İnsanların buluştuklarında kendilerini daha iyi yaşatacak konular üzerine konuşmak istemeleri doğal bir haktır. Toplumsal hayatın çelişkili hallerinden karışmış akıllarının, yeniden doğru düşünebilmesi ya da bir meslek hakkında ilerleme arayışı diyebiliriz kısaca medeni sohbetlere. Paylaşılan, çözüm aranan konular kişilerin ailesel ve kişisel gelişimine göre çeşitlilik gösterse de herkes kati olarak bilir ki insanlar birbirlerini ya da üçüncü kişileri aşağılamak için buluşmaz.
Düşünün ki birilerinin sürekli buluşma sebebi birbirlerini, birilerini aşağılamak veya birbirlerini dolandırmak olsun… Gıyabında konuşulan, hakkında atıp tutulan kişilerin yani üçüncü kişilerin aslında bu zihniyetteki insanların hedefi olduğunu bilmesi gerekir. Kendisinden bir şey alma arayışıdır ama ne alacaklar? İşte bunun cevabı zamanla ortaya çıkar.
Yalan dolanlar, hileli hesaplar ve daha sonra kendilerindekinden başka hiçbir şeyin önemli olmadığına dair saplantılar. Kişilerin bu hastalıklı zihni bataklığı doğaya ve insan ilişkilerine doğrudan hasar üretir. Delilik, böyle insanların tek başına ya da bir tüzel kişilikle üçüncü kişilerin haklarını adaletle tartmadan sadece kendi akıllarındaki odaklarına (adalete) “Hakkım” diyerek su üstüne çıkar. Aklen sağlıklı insanlar üçüncü kişilerin haklarını somut verilerle gözeterek konuşur ve yapmak istedikleri eylemleri daima üçüncü kişileri de değerlendirmeye katarak planlar.
Hak ile emeğin ayrı şeyler olduğunu kavramak da önemlidir.
Üçüncü kişilerin emek vermedikleri bir faaliyete dair hakları bulunabilir. Daima emek ve hak ayrı hesaplanır. Kısacası birinin emek verdiği bir işte bir başka birinin emek vermesine gerek olmadan da hakkı bulunabilir; bu hakların çoğu yasal olarak koruma altına alınmıştır. Yasalara ve doğadan gelişen adaba önem vermeyerek ‘başkaları hakkından vazgeçsin’ diye birinin bir mirasa dair “Çalışıyorum, onu işliyorum, ben bakıyorum, ben ya da biz etrafını çevirdik” demesi kısmen gerçek olsa da aslında bu gerçeğe tutturulmuş ele geçirme niyetidir.
Örneğin bir mirasta yasal olarak ortak hakları bulunan kişilerden birisinin “Ben baktım ettim” diyerek gözüne kestirdiği yerlere el koyması veya üzerinden para kazanıp hepsini hesabına yatırması hırsızlıktır!
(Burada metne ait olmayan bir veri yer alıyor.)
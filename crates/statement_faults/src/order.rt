//! Faults of the statements of the search order and the sides.

ghost use Rattle.std.specs.Prelude.{◌≡◌, ℕ, List, length, map, IfOk};
ghost use Rattle.problem_data.specs.Tree.{OrderTree, SidesTree};
ghost use Rattle.problem_data.specs.View.{order_view, sides_view};
ghost use Rattle.problem_data.specs.Least.{IsLeast};
ghost use Rattle.problem_data.specs.Faults.{Among, OrderFault, SidesFault, first_place, side_place};

use crate::names::{met_names, not_made};
use crate::numbers::miscount;
use geo_tokens::fault::FaultWord;
use problem_data::fault::{Fault, earlier, fault_if};
use problem_data::seen::SeenNames;
use problem_data::tree::{OrderText, SideText, SidesText};
use std::alloc::{AllocError, Global};

/// The first fault of an order that has so many orders before it, where these are the names of the objects.
fn order_fault(
    alloc: Global,
    made: &SeenNames<'_>,
    index: usize,
    order: &OrderText,
) -> Result<Option<Fault>, AllocError>
    ensures { IfOk result (λ o. (before : List OrderTree) → length before ≡ index
        → IsLeast (OrderFault made.now before (order_view order.now)) o) }
{
    let names = order.names.as_slice();
    let second = fault_if(index >= 1, order.place, FaultWord::Twice);
    let (listed, repeated) = met_names(alloc, names)?;
    let unknown = not_made(made, names);
    let complete = made.is_inside(&listed);
    let incomplete = fault_if(!complete, order.place, FaultWord::Order);
    let last = earlier(unknown, incomplete);
    let others = earlier(repeated, last);
    Ok(earlier(second, others))
}

/// The first fault of the statements of the search order, where these are the names of the objects.
pub fn orders_fault(
    alloc: Global,
    made: &SeenNames<'_>,
    orders: &[OrderText],
) -> Result<Option<Fault>, AllocError>
    ensures { IfOk result (IsLeast (Among (OrderFault made.now) (map order_view orders.now))) }
{
    let mut found = None;
    for (i, order) in orders.iter().enumerate() {
        let here = order_fault(alloc, made, i, order)?;
        found = earlier(found, here);
    }
    Ok(found)
}

fn first_side(sides: &[SideText]) -> u64
    ensures { result ≡ first_place side_place sides.now }
{
    match sides {
        [first, ..] => first.place,
        [] => 0,
    }
}

/// The first fault of sides that have so many statements of sides before them.
fn some_sides_fault(k: usize, index: usize, sides: &SidesText) -> Option<Fault>
    ensures { (before : List SidesTree) → length before ≡ index
        → IsLeast (SidesFault k before (sides_view sides.now)) result }
{
    let list = sides.sides.as_slice();
    let second = fault_if(index >= 1, sides.place, FaultWord::Twice);
    let count = miscount(k, list.len(), first_side(list));
    earlier(second, count)
}

/// The first fault of the statements of sides.
pub fn sides_fault(k: usize, sides: &[SidesText]) -> Option<Fault>
    ensures { IsLeast (Among (SidesFault k) (map sides_view sides.now)) result }
{
    let mut found = None;
    for (i, one) in sides.iter().enumerate() {
        let here = some_sides_fault(k, i, one);
        found = earlier(found, here);
    }
    found
}
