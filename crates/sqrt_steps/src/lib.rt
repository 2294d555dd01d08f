// The steps of the square-root filter on rows that the caller lends, with the operations and the order of
// src/estimator/sqrt_kalman.rs: the state x, and the factor l with l × transposed l = the covariance.
#![tactic(auto)]

ghost use Rattle.std.specs.Prelude.{◌≡◌, [], ◌<◌};
ghost use Rattle.answer.specs.Outcome.{handed};
ghost use Rattle.algebra.specs.Array.{pad};
ghost use Rattle.sizes.specs.Size.{count, front, part};
ghost use Rattle.filtering.specs.SquareRoot.{turned_diagonal, rotate as rotate_of, rotated, variance as variance_of, vec_over};
ghost use Rattle.filtering.specs.SquareRoot.{covariance as covariance_of, predict as predict_of, component as component_of, update as update_of};
ghost use Rattle.steps.specs.Step.{motion_rows};
ghost use Rattle.matrix.specs.Result.{as_one, as_vector};
ghost use Rattle.sqrt_steps.specs.Step.{turned_column, turned_vector, with_column, rotated_rows, factored_rows, channel_rows, ended, arrays_of};

use answer::Refusal;
use rows::pick;
use scalar::ControlScalar;
use sizes::Size;

// ---- the downdate of l by v, column by column

// The root of a turned diagonal's square d. Refused as not positive definite: at or below zero; a NaN passes.
#[tactic(auto, unfolding(filtering::specs::SquareRoot::turned_diagonal))]
pub fn turned_diagonal(d: f64) -> Result<f64, Refusal>
    ensures { result ≡ turned_diagonal d }
{
    if d <= 0.0 {
        Err(Refusal::NotPositiveDefinite)
    } else {
        Ok(ControlScalar::sqrt(d))
    }
}

// Column k turned with v: d on its diagonal, and the cells below it. Written out by choices, so that a compiler makes no jump.
#[tactic(auto, unfolding(crate::specs::Step::turned_column))]
fn turned_column(column: [f64; 4], v: [f64; 4], k: usize, d: f64, c: f64, s: f64) -> [f64; 4]
    ensures { result ≡ turned_column k d c s column v }
{
    let r0 = pick(k == 0, d, column[0]);
    let r1 = pick(
        k < 1,
        (column[1] - s * v[1]) / c,
        pick(k == 1, d, column[1]),
    );
    let r2 = pick(
        k < 2,
        (column[2] - s * v[2]) / c,
        pick(k == 2, d, column[2]),
    );
    let r3 = pick(
        k < 3,
        (column[3] - s * v[3]) / c,
        pick(k == 3, d, column[3]),
    );
    [r0, r1, r2, r3]
}

// v turned with column k as it was.
#[tactic(auto, unfolding(crate::specs::Step::turned_vector))]
fn turned_vector(column: [f64; 4], v: [f64; 4], k: usize, c: f64, s: f64) -> [f64; 4]
    ensures { result ≡ turned_vector k c s column v }
{
    let r1 = pick(k < 1, c * v[1] - s * column[1], v[1]);
    let r2 = pick(k < 2, c * v[2] - s * column[2], v[2]);
    let r3 = pick(k < 3, c * v[3] - s * column[3], v[3]);
    [v[0], r1, r2, r3]
}

// l with another column k.
#[tactic(auto, unfolding(crate::specs::Step::with_column))]
fn with_column(l: &[[f64; 4]; 4], k: usize, column: [f64; 4]) -> [[f64; 4]; 4]
    ensures { result ≡ with_column k column l.now }
{
    let r0 = rows::row_with(l[0], k, column[0]);
    let r1 = rows::row_with(l[1], k, column[1]);
    let r2 = rows::row_with(l[2], k, column[2]);
    let r3 = rows::row_with(l[3], k, column[3]);
    [r0, r1, r2, r3]
}

// Column k of the n × n part of l, turned with v. Refused as not positive definite: the diagonal.
#[tactic(auto, using(crate::proofs::Columns::at_most_four, crate::proofs::Columns::when_refused))]
fn rotate(l: &mut [[f64; 4]; 4], v: &mut [f64; 4], k: usize, n: Size) -> Result<(), Refusal>
    requires { k < count n }
    ensures { (result, (l.new, v.new))
        ≡ rotated_rows l.old v.old (rotate_of (count n) k (part n n l.old) (front n v.old)) }
{
    let diagonal = l[k][k];
    let vk = v[k];
    let d = turned_diagonal(diagonal * diagonal - vk * vk)?;
    let c = d / diagonal;
    let s = vk / diagonal;
    let column = [l[0][k], l[1][k], l[2][k], l[3][k]];
    let turned = with_column(l, k, turned_column(column, *v, k, d, c, s));
    *l = rows::used_part(&turned, n, n);
    *v = rows::leading(turned_vector(column, *v, k, c, s), n);
    Ok(())
}

// All columns. Refused as not positive definite: a column's diagonal; the columns before it are turned.
#[tactic(auto, using(crate::proofs::Downdates::turns))]
pub fn downdate(l: &mut [[f64; 4]; 4], v: [f64; 4], n: Size) -> Result<(), Refusal>
    ensures { (result, l.new) ≡ handed ended pad l.old (rotated (count n) (count n) (part n n l.old) (front n v)) }
{
    let columns = usize::from(n);
    let mut w = v;
    // The index is a column of l and a place in w, which the columns before have turned.
    for k in 0..columns {
        rotate(l, &mut w, k, n)?;
    }
    Ok(())
}

// ---- one component of a measurement

// A variance. Refused as singular: at or below zero; a NaN passes.
#[tactic(auto, unfolding(filtering::specs::SquareRoot::variance))]
pub fn variance(s: f64) -> Result<f64, Refusal>
    ensures { result ≡ variance_of s }
{
    if s <= 0.0 {
        Err(Refusal::SingularMatrix)
    } else {
        Ok(s)
    }
}

// v / s
#[tactic(auto, unfolding(filtering::specs::SquareRoot::vec_over))]
fn over(v: [f64; 4], s: f64) -> [f64; 4]
    ensures { result ≡ vec_over 4 v s }
{
    [v[0] / s, v[1] / s, v[2] / s, v[3] / s]
}

// x and l corrected by the measurement z of one component, whose row of H is h and whose deviation is r; the innovation is z less
// h times the state before. Refused as singular: the variance, and nothing changes; as not positive definite: a column of the
// downdate. The state is then the new one, and the columns before it are turned.
pub fn component<'a>(
    h: &'a [f64; 4],
    r: f64,
    z: f64,
    n: Size,
    x: &mut [f64; 4],
    l: &mut [[f64; 4]; 4],
) -> Result<f64, Refusal>
    ensures { (result, (x.new, l.new))
        ≡ handed as_one arrays_of (x.old, l.old)
        (component_of (count n) (front n h.now) r z (factored_rows n x.old l.old) []) }
{
    let k = usize::from(n);
    let y = z - kernel::dot(h, x, k);
    let t = rows::row_product(*h, l, n);
    let tt = kernel::dot(&t, &t, k);
    let s = variance(tt + r * r)?;
    let g = kernel::product_vector(l, &t, n, n);
    *x = kernel::vector_sum(*x, rows::row_scaled(over(g, s), y), n);
    let turned = downdate(l, over(g, ControlScalar::sqrt(s)), n);
    *l = rows::used_part(l, n, n);
    turned?;
    Ok(y)
}

// ---- the filter

// l × transposed l
pub fn covariance(l: &[[f64; 4]; 4], n: Size) -> [[f64; 4]; 4]
    ensures { result ≡ pad (covariance_of (count n) (factored_rows n [] l.now)) }
{
    let r0 = rows::row_product_transposed(l[0], l, n);
    let r1 = rows::row_product_transposed(l[1], l, n);
    let r2 = rows::row_product_transposed(l[2], l, n);
    let r3 = rows::row_product_transposed(l[3], l, n);
    rows::leading_rows(r0, r1, r2, r3, n, n)
}

// x and l one step on, with the input u. Refused as not positive definite: the new covariance has no factor; x is then the new
// state, and l the old factor.
#[tactic(auto, using(crate::proofs::Predictions::unfactored), unfolding(filtering::specs::Filter::predicted_state))]
pub fn predict<'a>(
    a: &'a [[f64; 4]; 4],
    b: &'a [[f64; 4]; 4],
    q: &'a [[f64; 4]; 4],
    u: &'a [f64; 4],
    n: Size,
    i: Size,
    x: &mut [f64; 4],
    l: &mut [[f64; 4]; 4],
) -> Result<(), Refusal>
    ensures { (result, (x.new, l.new))
        ≡ handed (λ t. t) arrays_of (x.old, l.old)
        (predict_of (motion_rows n i a.now b.now q.now) (front i u.now)
        (factored_rows n x.old l.old)) }
{
    let p = covariance(l, n);
    *x = steps::predicted_state(a, b, x, u, n, i);
    let s = steps::propagated(a, &p, q, n, n);
    match cholesky::factor_of(&s, n) {
        Ok(f) => {
            *l = f;
            Ok(())
        }
        Err(refusal) => {
            *l = rows::used_part(l, n, n);
            Err(refusal)
        }
    }
}

// x and l corrected by the measurement z, one component after another; the innovations in order. Refused as its first refused
// component is; x and l are as that component leaves them.
#[tactic(auto, using(crate::proofs::Updates::taking_none, crate::proofs::Updates::taking_more))]
pub fn update<'a>(
    h: &'a [[f64; 4]; 4],
    r: &'a [f64; 4],
    z: &'a [f64; 4],
    n: Size,
    m: Size,
    x: &mut [f64; 4],
    l: &mut [[f64; 4]; 4],
) -> Result<[f64; 4], Refusal>
    ensures { (result, (x.new, l.new))
        ≡ handed as_vector arrays_of (x.old, l.old)
        (update_of (channel_rows n m h.now r.now) (front m z.now) (factored_rows n x.old l.old)) }
{
    let components = usize::from(m);
    let mut y = [0.0; 4];
    // The index goes into h, r, z and y.
    for i in 0..components {
        let e = component(&h[i], r[i], z[i], n, x, l)?;
        y[i] = e;
    }
    Ok(y)
}
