// The lazy placement of a table of expressions, and the rows that lead to it.
ghost use Rattle.std.specs.Prelude.{◌≡◌, length, IfOk};
ghost use Rattle.flow_graph.specs.Blocks.{AreBlocksOf};
ghost use Rattle.flow_graph.specs.Edges.{IsSplit, edges_of};
ghost use Rattle.path_laws.specs.Paths.{HaveShape};
ghost use Rattle.motion_rewrite.specs.Placements.{AreOptimal, CanFlattenBy};
ghost use Rattle.down_safe.specs.Busy.{AreBusyRows};
ghost use Rattle.latest_place.specs.Lazy.{AreLateRows, AreLazy, IsLazyPlacement};

use crate::Late;
use crate::equations::{late_rows, placement_of};
use crate::parts::placed_by_parts;
use down_safe::{Busy, DownRule, EarliestSites, earliest_over};
use flow_graph::{Blocks, Edges, Graph};
use mir_base::Memory;
use motion_rewrite::{ExprTable, Placement};
use std::alloc::Global;

/// At which nodes each expression of the table is used, delayed, latest and isolated, each as rows with one row for
/// each node and one bit for each expression. The graph is split, `edges` are those of `graph`, and `busy` are the rows
/// of the busy placement, by the same rule, of which two are copied. It fails only with `Memory`.
pub fn late<R: DownRule>(
    alloc: Global,
    rule: &R,
    graph: &Graph,
    edges: &Edges,
    table: &ExprTable,
    busy: &Busy,
) -> Result<Late, Memory>
    requires split { IsSplit graph.now.nodes }
    requires edges { edges.now ≡ edges_of graph.now.nodes }
    requires busy { AreBusyRows graph.now table.now (R.is_down rule.now graph.now) busy.now }
    ensures { IfOk result (AreLateRows graph.now table.now (R.is_down rule.now graph.now)) }
{
    let blocks = Blocks::of(alloc, graph, edges)?;
    let used = busy.uses.copied(alloc)?;
    let earliest = busy.earliest.copied(alloc)?;
    late_rows(alloc, rule, graph, edges, &blocks, table, used, earliest)
}

/// The lazy placement of each expression of the table, with one row for each node and one bit for each expression: it
/// inserts at the latest nodes that are not isolated, and replaces the uses that are not both latest and isolated. The
/// graph is split, and `edges` are those of `graph`. It fails only with `Memory`.
pub fn lazy<R: DownRule>(
    alloc: Global,
    rule: &R,
    graph: &Graph,
    edges: &Edges,
    table: &ExprTable,
) -> Result<Placement, Memory>
    requires split { IsSplit graph.now.nodes }
    requires edges { edges.now ≡ edges_of graph.now.nodes }
    ensures insert { IfOk result (λ p. HaveShape graph.now (length table.now) p.insert) }
    ensures replace { IfOk result (λ p. HaveShape graph.now (length table.now) p.replace) }
    ensures lazy { IfOk result (AreLazy graph.now table.now (R.is_down rule.now graph.now)) }

    // admissible, and no admissible placement evaluates less on any full path
    ensures optimal { IfOk result (AreOptimal graph.now table.now (R.is_down rule.now graph.now)) }

    // so the graph can be flattened by it
    ensures flattens { IfOk result (CanFlattenBy graph.now table.now) }
{
    let blocks = Blocks::of(alloc, graph, edges)?;
    let placement = placed_by_parts(alloc, rule, graph, edges, &blocks, table)?;
    // The proof needs what holds of every graph: that each node is reached.
    let _ = graph.nodes();
    Ok(placement)
}

/// The lazy placement of each expression of the table, all at once, with the blocks of the graph at hand.
pub(crate) fn placed<R: DownRule>(
    alloc: Global,
    rule: &R,
    graph: &Graph,
    edges: &Edges,
    blocks: &Blocks,
    table: &ExprTable,
) -> Result<Placement, Memory>
    requires split { IsSplit graph.now.nodes }
    requires edges { edges.now ≡ edges_of graph.now.nodes }
    requires blocks { AreBlocksOf graph.now.nodes blocks.now }
    ensures { IfOk result (IsLazyPlacement (R.is_down rule.now) graph.now table.now) }
{
    let EarliestSites {
        uses: used,
        earliest,
    } = earliest_over(alloc, rule, graph, edges, blocks, table)?;
    let late = late_rows(alloc, rule, graph, edges, blocks, table, used, earliest)?;
    let placement = placement_of(late.uses, late.latest, late.isolated);
    Ok(placement)
}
Çünkü ikinci ve üçüncü kişilerin haklarını da kendi aile kütüğüne bağlı hanesine geçirerek para veya mal mülk kazanmıştır. Oysaki ilgili mirası işleme hakkı tüm hak sahiplerinindir. Emek veren hak sahibine emeğinden değil anlaşma yapacağı yasal hakkı oranından payını ödemelidir. Çapul yapacak zihnen hasta kişi “Bu kadarı fazla bile; hiçbiri bakmadı buraya; biz ilgilendik veya borcum var, mağdurum” tezgâhıyla kişisel veya ailesel menfaatini, çeşitli yasal veya töresel oyunlarla elde ettiği hırsız malını hanesine taşımayı huy edinir. Kimi zaman rüşvet olarak da kullanılır aldatılan üçüncü kişilerin miras hakları.